[Records excerpted from a collection]
+ + + + +

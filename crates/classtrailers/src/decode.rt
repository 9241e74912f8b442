// Blocks at an address. A header is read once, as a part of the image.
ghost use Rattle.std.specs.Prelude.{◌≡◌, false, ◌+◌, ◌*◌, ◌≤◌};
ghost use Rattle.runtime.specs.Bytes.{bytes_read};
ghost use Rattle.runtime.specs.Reads.{run};
ghost use Rattle.runtime.specs.Runtime.{tried};
ghost use Rattle.classtrailers.specs.Blocks.{placed_block, listed, row_at, row_number, below, block_at};

use crate::block::{Block, BlockBody, BlockKind, Ended};
use runtime::SwiftRuntime;

// How many bytes an entry has.
const OVERRIDE: u64 = 12;

const DEFAULT_OVERRIDE: u64 = 8;
// A metadata, and its accessor.
const PRESPECIALIZATION: u64 = 8;

// Where something ends, unless that reaches 2^64.
#[tactic(auto, unfolding(crate::specs::Blocks::below))]
fn end_of(at: u64, size: u64) -> Option<u64>
    ensures { result ≡ below (at + size) }
{
    at.checked_add(size)
}

// One without a header.
fn plain_at(kind: BlockKind, at: u64, size: u64) -> Ended
    ensures { result ≡ record { block = placed_block kind at; end = below (at + size) } }
{
    Ended {
        block: Block {
            kind,
            body: BlockBody::At(at),
        },
        end: end_of(at, size),
    }
}

// A function by itself: compiled into the readers below, its walk would set what `None` says of a block anew for each segment passed
// (docs/DECISIONS.md, "Bodies, blocks, entries").
#[inline(never)]
fn read_far<'a>(rt: &SwiftRuntime<'a, '_>, at: u64, len: usize) -> &'a [u8]
    ensures { result.now ≡ bytes_read rt.now.image.now (tried rt.now) at len }
{
    rt.read_bytes(at, len)
}

// The bytes of a header. `MAPPED`, which changes no answer, says that the mapping has them as a rule, so that the segments are seldom walked;
// without it a function by itself walks them.
fn read_bytes<'a, const MAPPED: bool>(rt: &SwiftRuntime<'a, '_>, at: u64, len: usize) -> &'a [u8]
    ensures { result.now ≡ bytes_read rt.now.image.now (tried rt.now) at len }
{
    if MAPPED {
        rt.read_bytes(at, len)
    } else {
        read_far(rt, at, len)
    }
}

// A generic header: its parameters take a byte each, their number rounded up to a multiple of four, its requirements 12 bytes each.
fn generic_at<const MAPPED: bool>(rt: &SwiftRuntime, at: u64) -> Option<Ended>
    ensures { result ≡ run rt.now.image.now (tried rt.now) (block_at (row_at 0) at) }
{
    let header = read_bytes::<MAPPED>(rt, at, 16);
    if header.len() < 16 {
        return None;
    }
    let parameters = util::u16_at(header, 8) as u64;
    let requirements = util::u16_at(header, 10) as u64;
    let end = end_of(at, 16 + 4 * ((parameters + 3) / 4) + 12 * requirements)?;
    Some(Ended {
        block: Block {
            kind: BlockKind::Generic,
            body: BlockBody::At(at),
        },
        end: Some(end),
    })
}

fn vtable_at<const MAPPED: bool>(rt: &SwiftRuntime, at: u64) -> Option<Ended>
    ensures { result ≡ run rt.now.image.now (tried rt.now) (block_at (row_at 4) at) }
{
    let header = read_bytes::<MAPPED>(rt, at, 8);
    if header.len() < 8 {
        return None;
    }
    let count = util::u32_at(header, 4);
    let end = end_of(at, 8 + 8 * (count as u64))?;
    Some(Ended {
        block: Block {
            kind: BlockKind::VTable,
            body: BlockBody::Table {
                offset: util::u32_at(header, 0),
                count,
                entries_va: at + 8,
            },
        },
        end: Some(end),
    })
}

// A table whose header is the number of its entries, each of `entry` bytes.
fn entries_at<const MAPPED: bool>(
    rt: &SwiftRuntime,
    kind: BlockKind,
    at: u64,
    entry: u64,
) -> Option<Ended>
    requires { entry ≤ 12 }
    ensures { result ≡ run rt.now.image.now (tried rt.now) (block_at (listed kind (λ _. false) entry) at) }
{
    let header = read_bytes::<MAPPED>(rt, at, 4);
    if header.len() < 4 {
        return None;
    }
    let count = util::u32_at(header, 0);
    let end = end_of(at, 4 + entry * (count as u64))?;
    Some(Ended {
        block: Block {
            kind,
            body: BlockBody::Table {
                offset: 0,
                count,
                entries_va: at + 4,
            },
        },
        end: Some(end),
    })
}

// Two bytes are read, and the next block starts four bytes on.
fn invertible_at<const MAPPED: bool>(rt: &SwiftRuntime, at: u64) -> Option<Ended>
    ensures { result ≡ run rt.now.image.now (tried rt.now) (block_at (row_at 8) at) }
{
    let header = read_bytes::<MAPPED>(rt, at, 2);
    if header.len() < 2 {
        return None;
    }
    let bits = util::u16_at(header, 0);
    let set = Block {
        kind: BlockKind::InvertibleProtocolSet,
        body: BlockBody::Set {
            bits,
            protocols: u16::count_ones(bits),
        },
    };
    Some(Ended {
        block: set,
        end: end_of(at, 4),
    })
}

// The block of a kind at an address. The kind chooses the reader: a reader's constants stand in its arm, as they would in a table of kinds.
// The mapping is tried before the segments; a true mapping changes no answer.
pub(super) fn read_block<const MAPPED: bool>(
    rt: &SwiftRuntime,
    kind: BlockKind,
    at: u64,
) -> Option<Ended>
    ensures { result ≡ run rt.now.image.now (tried rt.now) (block_at (row_at (row_number kind)) at) }
{
    match kind {
        BlockKind::Generic => generic_at::<MAPPED>(rt, at),
        BlockKind::ResilientSuperclass => Some(plain_at(kind, at, 4)),
        BlockKind::ForeignMetadataInit => Some(plain_at(kind, at, 4)),
        BlockKind::SingletonMetadataInit => Some(plain_at(kind, at, 12)),
        BlockKind::VTable => vtable_at::<MAPPED>(rt, at),
        BlockKind::OverrideTable => entries_at::<MAPPED>(rt, kind, at, OVERRIDE),
        BlockKind::ObjcResilientClassStub => Some(plain_at(kind, at, 4)),
        BlockKind::Prespecializations => entries_at::<MAPPED>(rt, kind, at, PRESPECIALIZATION),
        BlockKind::InvertibleProtocolSet => invertible_at::<MAPPED>(rt, at),
        BlockKind::SingletonMetadataPointer => Some(plain_at(kind, at, 4)),
        BlockKind::DefaultOverrideTable => entries_at::<MAPPED>(rt, kind, at, DEFAULT_OVERRIDE),
    }
}

// The block of a kind at an address, compiled for a caller whose mapping, around a descriptor, has that descriptor's blocks as a rule.
pub fn block_at(rt: &SwiftRuntime, kind: BlockKind, at: u64) -> Option<Ended>
    ensures { result ≡ run rt.now.image.now (tried rt.now) (block_at (row_at (row_number kind)) at) }
{
    read_block::<true>(rt, kind, at)
}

+ + + + +

## What you should do
Copy every line of the records above that contains "parameters".

## Result for this task
// A generic header: its parameters take a byte each, their number rounded up to a multiple of four, its requirements 12 bytes each.
    let parameters = util::u16_at(header, 8) as u64;
    let end = end_of(at, 16 + 4 * ((parameters + 3) / 4) + 12 * requirements)?;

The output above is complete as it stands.